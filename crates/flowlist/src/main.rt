// flowlist: a sheet from standard input, its listing to standard output. Memory is lent as document 01 says: 4,096 words of scratch, 1,024 of sets,
// 256 block records; the budget is zero.
#![tactic(auto)]

ghost use Rattle.std.specs.Prelude.{◌≤◌, ◌^◌};

use answers::Accepted;
use budget::FlowBudget;
use format::refusal::Refusal;
use listing::{Await, Line};
use std::io;
use std::io::Read;
use std::process::ExitCode;

// A sheet of more bytes is refused, with 10.
const MOST_BYTES: usize = 16384;

// Room for a line: more than the longest that a sheet of so many bytes has.
const TEXT_BYTES: usize = 262144;

fn main(rt: HostRuntime) -> io::Result<ExitCode> {
    let mut room = [0; MOST_BYTES + 1];
    let mut input = rt.reader().take(room.len() as u64);
    let n = io::copy(&mut input, &mut &mut room[..])? as usize;
    let sheet = room.get(..n).unwrap_or_default();
    let mut printer = Printer {
        rt: &rt,
        text: [0; TEXT_BYTES],
    };
    match printer.show_sheet(sheet) {
        Ok(()) => Ok(ExitCode::SUCCESS),
        Err(e) => {
            let _ = eprintln!(rt; "flowlist: standard output: {e}");
            Ok(ExitCode::FAILURE)
        }
    }
}

// Where the lines go, and the bytes that each is put into first.
#[derive(Drop)]
struct Printer<'a, R: Print> {
    rt: &'a R,
    text: [u8; TEXT_BYTES],
}

impl<R: Print> Printer<'_, R> {
    // The line of the whole, then a line a block, then a line an await; none after one that can't be written.
    fn show_sheet(&mut self, sheet: &[u8]) -> io::Result<()> {
        if sheet.len() > MOST_BYTES {
            return self.refuse(Refusal::NoRoom, 0);
        }
        let mut blocks = [0u64; 6 * 256];
        let mut sets = [0; 1024];
        let mut scratch = [0; 4096];
        let budget = FlowBudget {
            work: 0,
            retained: 0,
        };
        match flow::verify(sheet, budget, &mut blocks, &mut sets, &mut scratch) {
            Err(refused) => self.refuse(refused.why, refused.id),
            Ok(
                Accepted {
                    id,
                    blocks: count,
                    awaits,
                    ..
                },
            ) => {
                let load = load_of(sheet, &sets, count, awaits);
                self.show(Line::Accept {
                    id,
                    blocks: count,
                    awaits,
                    load,
                })?;
                self.show_blocks(&blocks, count)?;
                self.show_awaits(&sets, count, awaits, width(sheet))
            }
        }
    }

    fn refuse(&mut self, refusal: Refusal, id: u32) -> io::Result<()> {
        self.show(Line::Refuse {
            number: refusal.number(),
            id,
        })
    }

    fn show_blocks(&mut self, blocks: &[u64], count: usize) -> io::Result<()> {
        for (index, block) in blocks.chunks_exact(6).take(count).enumerate() {
            self.show(Line::Block {
                index,
                start: block[0],
                end: block[1],
                reachable: block[2],
            })?;
        }
        Ok(())
    }

    // Behind the two sets of each block, w words each, lie the awaits: an instruction and a set each.
    fn show_awaits(
        &mut self,
        sets: &[u64],
        blocks: usize,
        awaits: usize,
        w: usize,
    ) -> io::Result<()>
        requires { w ≤ 2 ^ 26 }
    {
        let first = blocks.saturating_mul(2 * w);
        let rows = sets.get(first..).unwrap_or_default();
        for row in rows.chunks_exact(1 + w).take(awaits) {
            let n = Await::render_at(row, 0, w, &mut self.text);
            self.write_line(n)?;
        }
        Ok(())
    }

    // Writes a line.
    fn show(&mut self, line: Line) -> io::Result<()> {
        let n = line.render(&mut self.text);
        self.write_line(n)
    }

    // Writes the line of n bytes at the front of the text; none where n is 0.
    fn write_line(&self, n: usize) -> io::Result<()> {
        match self.text.get(..n) {
            Some(bytes) => self.rt.write_all(bytes),
            None => Err(io::ErrorKind::WriteZero.into()),
        }
    }
}

// The load of an answer. That of a sheet which was accepted is never refused.
fn load_of(sheet: &[u8], sets: &[u64], blocks: usize, awaits: usize) -> u64 {
    load::load(sheet, sets, blocks, awaits).map_or(0, |loaded| loaded.load)
}

// The words of a set, by the slot count in the function record. A sheet that was accepted has that record, so 0 is never shown.
fn width(sheet: &[u8]) -> usize
    ensures { result ≤ 2 ^ 26 }
{
    match sheet.get(8..).and_then(|rest| rest.first_chunk()) {
        Some(bytes) => (u32::from_le_bytes(*bytes) as usize).div_ceil(64),
        None => 0,
    }
}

▬▬▬▬▬▬▬▬▬▬

**To do**
Write out the entries verbatim, all of them.

**Written response**
filename crates/flowlist/src/main.rt
// flowlist: a sheet from standard input, its listing to standard output. Memory is lent as document 01 says: 4,096 words of scratch, 1,024 of sets,
// 256 block records; the budget is zero.
#![tactic(auto)]

ghost use Rattle.std.specs.Prelude.{◌≤◌, ◌^◌};

use answers::Accepted;
use budget::FlowBudget;
use format::refusal::Refusal;
use listing::{Await, Line};
use std::io;
use std::io::Read;
use std::process::ExitCode;

// A sheet of more bytes is refused, with 10.
const MOST_BYTES: usize = 16384;

// Room for a line: more than the longest that a sheet of so many bytes has.
const TEXT_BYTES: usize = 262144;

fn main(rt: HostRuntime) -> io::Result<ExitCode> {
    let mut room = [0; MOST_BYTES + 1];
    let mut input = rt.reader().take(room.len() as u64);
    let n = io::copy(&mut input, &mut &mut room[..])? as usize;
    let sheet = room.get(..n).unwrap_or_default();
    let mut printer = Printer {
        rt: &rt,
        text: [0; TEXT_BYTES],
    };
    match printer.show_sheet(sheet) {
        Ok(()) => Ok(ExitCode::SUCCESS),
        Err(e) => {
            let _ = eprintln!(rt; "flowlist: standard output: {e}");
            Ok(ExitCode::FAILURE)
        }
    }
}

// Where the lines go, and the bytes that each is put into first.
#[derive(Drop)]
struct Printer<'a, R: Print> {
    rt: &'a R,
    text: [u8; TEXT_BYTES],
}

impl<R: Print> Printer<'_, R> {
    // The line of the whole, then a line a block, then a line an await; none after one that can't be written.
    fn show_sheet(&mut self, sheet: &[u8]) -> io::Result<()> {
        if sheet.len() > MOST_BYTES {
            return self.refuse(Refusal::NoRoom, 0);
        }
        let mut blocks = [0u64; 6 * 256];
        let mut sets = [0; 1024];
        let mut scratch = [0; 4096];
        let budget = FlowBudget {
            work: 0,
            retained: 0,
        };
        match flow::verify(sheet, budget, &mut blocks, &mut sets, &mut scratch) {
            Err(refused) => self.refuse(refused.why, refused.id),
            Ok(
                Accepted {
                    id,
                    blocks: count,
                    awaits,
                    ..
                },
            ) => {
                let load = load_of(sheet, &sets, count, awaits);
                self.show(Line::Accept {
                    id,
                    blocks: count,
                    awaits,
                    load,
                })?;
                self.show_blocks(&blocks, count)?;
                self.show_awaits(&sets, count, awaits, width(sheet))
            }
        }
    }

    fn refuse(&mut self, refusal: Refusal, id: u32) -> io::Result<()> {
        self.show(Line::Refuse {
            number: refusal.number(),
            id,
        })
    }

    fn show_blocks(&mut self, blocks: &[u64], count: usize) -> io::Result<()> {
        for (index, block) in blocks.chunks_exact(6).take(count).enumerate() {
            self.show(Line::Block {
                index,
                start: block[0],
                end: block[1],
                reachable: block[2],
            })?;
        }
        Ok(())
    }

    // Behind the two sets of each block, w words each, lie the awaits: an instruction and a set each.
    fn show_awaits(
        &mut self,
        sets: &[u64],
        blocks: usize,
        awaits: usize,
        w: usize,
    ) -> io::Result<()>
        requires { w ≤ 2 ^ 26 }
    {
        let first = blocks.saturating_mul(2 * w);
        let rows = sets.get(first..).unwrap_or_default();
        for row in rows.chunks_exact(1 + w).take(awaits) {
            let n = Await::render_at(row, 0, w, &mut self.text);
            self.write_line(n)?;
        }
        Ok(())
    }

    // Writes a line.
    fn show(&mut self, line: Line) -> io::Result<()> {
        let n = line.render(&mut self.text);
        self.write_line(n)
    }

    // Writes the line of n bytes at the front of the text; none where n is 0.
    fn write_line(&self, n: usize) -> io::Result<()> {
        match self.text.get(..n) {
            Some(bytes) => self.rt.write_all(bytes),
            None => Err(io::ErrorKind::WriteZero.into()),
        }
    }
}

// The load of an answer. That of a sheet which was accepted is never refused.
fn load_of(sheet: &[u8], sets: &[u64], blocks: usize, awaits: usize) -> u64 {
    load::load(sheet, sets, blocks, awaits).map_or(0, |loaded| loaded.load)
}

// The words of a set, by the slot count in the function record. A sheet that was accepted has that record, so 0 is never shown.
fn width(sheet: &[u8]) -> usize
    ensures { result ≤ 2 ^ 26 }
{
    match sheet.get(8..).and_then(|rest| rest.first_chunk()) {
        Some(bytes) => (u32::from_le_bytes(*bytes) as usize).div_ceil(64),
        None => 0,
    }
}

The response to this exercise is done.